> _Assignment_: Report every line below that has the string "keys" in it.

(Excerpted records Opens)

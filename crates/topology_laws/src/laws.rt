//! Laws of topologies. These functions do nothing.
ghost use Rattle.std.specs.Prelude.{All, List};
ghost use Rattle.ksql_place.specs.Ascending.{Rises};
ghost use Rattle.ksql_place.specs.Order.{record_cmp};
ghost use Rattle.ksql_place.specs.declared.change.SourceRecord.{SourceRecord as OneRecord};
ghost use Rattle.ksql_program.specs.Sound.{IsSound};
ghost use Rattle.ksql_program.specs.declared.program.Item.{Item as OneItem};
ghost use Rattle.meaning_laws.specs.Bounds.{IsInTime, IsRecordOf};
ghost use Rattle.topology.specs.Tasks.{chain_of};
ghost use Rattle.topology.specs.Topologies.{subs, topology_of};
ghost use Rattle.sending_laws.specs.Chain.{IsLongest};
ghost use Rattle.short_laws.specs.Fed.{IsFed};
ghost use Rattle.topology_laws.specs.Meant.{MeansItsQueries};
ghost use Rattle.sending_laws.specs.Sent.{HasColumnsThroughout, IsPlacedThroughout, IsSentByFeeds, IsSmallThroughout};

/// Each partition of the topic of each query's result has the changes that the query means there.
pub fn topology_means_its_queries()
    ensures { (items : List OneItem) (order : List OneRecord) → IsSound items → IsFed items order →
        MeansItsQueries items (topology_of items) order }
{}

/// In each partition of each topic, repartition topics included, places rise.
pub fn sends_are_placed()
    ensures { (items : List OneItem) (order : List OneRecord) → IsSound items → IsFed items order →
        IsPlacedThroughout items (topology_of items) order }
{}

/// The content of a partition for the records up to a feed is its content for all records, cut at that feed.
pub fn sends_are_by_feeds()
    ensures { (items : List OneItem) (order : List OneRecord) → Rises record_cmp order →
        IsSentByFeeds items (topology_of items) order }
{}

/// If the records have times of at most 2^53, so have all changes that tasks send, and the paths have at most 512
/// numbers.
pub fn sends_are_bounded()
    ensures { (items : List OneItem) (order : List OneRecord) → IsSound items → All IsInTime order →
        IsSmallThroughout items (topology_of items) order }
{}

/// If the records have keys and rows of their relations' columns, so have all changes in the topics of relations, and
/// those in repartition topics have whole keys and whole rows.
pub fn sends_have_columns()
    ensures { (items : List OneItem) (order : List OneRecord) → IsSound items → All (IsRecordOf items) order →
        HasColumnsThroughout items (topology_of items) order }
{}

/// The chain, which is counted along the sub-topologies, is the length of the longest path on which each sub-topology
/// reads the topic that the one before it writes.
pub fn the_chain_is_the_longest_path()
    ensures { (items : List OneItem) → IsSound items → IsLongest (subs items) (chain_of (subs items)) }
{}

(Excerpted records Closes)

> _Answer to the exercise_:
/// If the records have keys and rows of their relations' columns, so have all changes in the topics of relations, and
/// those in repartition topics have whole keys and whole rows.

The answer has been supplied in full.